Hab grad mal geschaut... in der box sind 1,7g und 4,5g gewichte drin.. in der maus hab ich 4x 1,7 und 4x 4,5... also am gewicht wird das glaub ich kaum liegen... hab im moment das "Razer eXact Mat"... aber finds nich berauschend drum bin ich auf der suche nach nem neuen....

Gruß David


----------



## Ryokage (18. Januar 2010)

Roccat Taito http://geizhals.at/deutschland/a373487.html, hat die drei G: Gut, Genau, Groß
das 4te G ist streitbar, das wäre Günstig. Ich finde für den Preis kann man echt nicht meckern (andere mögen da aber vielleicht anders denken), ich bin jedenfalls seit ca. einem halben Jahr sehr zufrieden mit der Leistung des Pads. Die Größe reicht locker auch für Lowsenser, ich hab kein Springen und eine gute Genauigkeit trotz zum Gamen eher ungeeigneter Maus. Die Oberfläche finde ich angenehm, nicht zu Glatt (da mag ich Metallpads z.B. gar nicht) aber auch nicht zu rau. Verarbeitung ist auch super.


----------



## Maschine311 (18. Januar 2010)

Habe genau die gleiche zusammenstellung und genau das gleiche Problem. Habe das Pad auch schon mit Silikon Spray eingesprüht, aber das hat nur kurz gehalten. Es war etwas weicher beim herüberschieben, aber ich denke, das die Oberfläche des Pads einfach nicht mit den Silikonpads der Maus harmoniert, das ruckelt immer so leicht. Evt. mal andere Pads unter die Maus kleben, aber da habe ich auch keine Ahnung. Werde das hier mal verfolgen, denn ich bin auch an einer Lösung intressiert!


----------



## gh0st76 (18. Januar 2010)

Was für ein Pad hast du denn jetzt? Was bevorzugst du? Kunstoff oder Stoffpads?


----------



## syrus700 (18. Januar 2010)

syrus700 schrieb:


> hab im moment das "Razer eXact Mat"...



Irgendein beforzugtes material hab ich net... hauptsache es is besser wie mein aktuelles und behebt den beschrieben "fehler"...

Gruß
David


----------



## Nike334 (18. Januar 2010)

Hab ein Roccat Sense Pad und ne G5, perfektes Zusammenspiel! Damit wurde ich in CoD4 noch besser 
Farblich passen die auch perfekt Zusammen 
Aber das Taito ist auch gut, allerdings etwas rauer als das Sense, dafür aber billiger.

mfg


----------



## syrus700 (18. Januar 2010)

Welches Betriebssystem hast du den drauf? Und hast du vielleicht ne andere Firmware auf die maus gespielt? Irgendwelche extra-treiber?

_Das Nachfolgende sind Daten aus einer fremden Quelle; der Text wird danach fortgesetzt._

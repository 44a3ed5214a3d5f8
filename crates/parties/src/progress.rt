// How far a side has come through its circuit.
ghost use Rattle.std.specs.Prelude.{◌≡◌, ◌*◌, ◌≤◌};
ghost use Rattle.parties.specs.Side.{most_bytes, unused, started};

use crate::side::Side;
use circuit::passed::Circuit;

// What a side keeps, within the limits of a circuit: both parties hold one.
#[derive(Clone, Copy)]
pub struct Progress {
    pub side: Side,
    pub ghost inputs: { side.sizes.inputs ≤ 256 },
    pub ghost gates: { side.sizes.gates ≤ 512 },
    pub ghost next: { side.next ≤ side.sizes.gates },
    pub ghost bytes: { side.bytes ≤ side.next * most_bytes },
}

impl Progress {
    // Of a side that has not begun.
    pub fn new() -> Progress
        ensures { result.side ≡ unused }
    {
        Progress { side: Side::new() }
    }

    // At the start of a circuit that passed.
    pub fn start(circuit: Circuit) -> Progress
        requires inputs { circuit.arrays.sizes.inputs ≤ 256 }
        requires gates { circuit.arrays.sizes.gates ≤ 512 }
        ensures { result.side ≡ started circuit.entry.arrays.sizes circuit.entry.wires }
    {
        Progress {
            side: Side::start(circuit.arrays.sizes, circuit.wires),
        }
    }
}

Sonst noch jemand n heißen tipp?

Ansonsten bestell ich das einfach mal...

THX
Gruß David


----------



## xx00xx (18. Januar 2010)

Also meine G5 "arbeitet" auf nem 1,50 € Mousepad, ich weiß nicht, wieso ihr das so wichtig findet..
denn, an regelmäßige Ungleichheiten sollte man sich mit der Zeit gewöhnen.

MfG


----------



## syrus700 (18. Januar 2010)

Naja ganz einfach... Wenn ich ne gaming maus habe, möchte ich auch, das se sich wie eine verhält. Hört sich blöd an, is aber so ^^... Is halt meine Meinung... Jeder denkt anders drüber. Und mich nervt das halt irgendwie :0


----------



## Maschine311 (18. Januar 2010)

Also, habe es alles nochmal genau überprüft, die Gleitpads der Maus sind schon um einiges abgeschliffen, was vermutlich von dem Razer kommt, da die oberfläche ja doch ein wenig rauh ist.
Auch das Pad ist so im hochfrequenten Bereich schon ganz schön plan und daher ist beides zusammen ganz schon stumpf zueinander und man hat beim bewegen ein kleines Rucken beim ziehen, daher auch dieses ruckeln beim Zielen. Säubern und Gleitspray drauf hilft nur bedingt und hält auch nur kurz.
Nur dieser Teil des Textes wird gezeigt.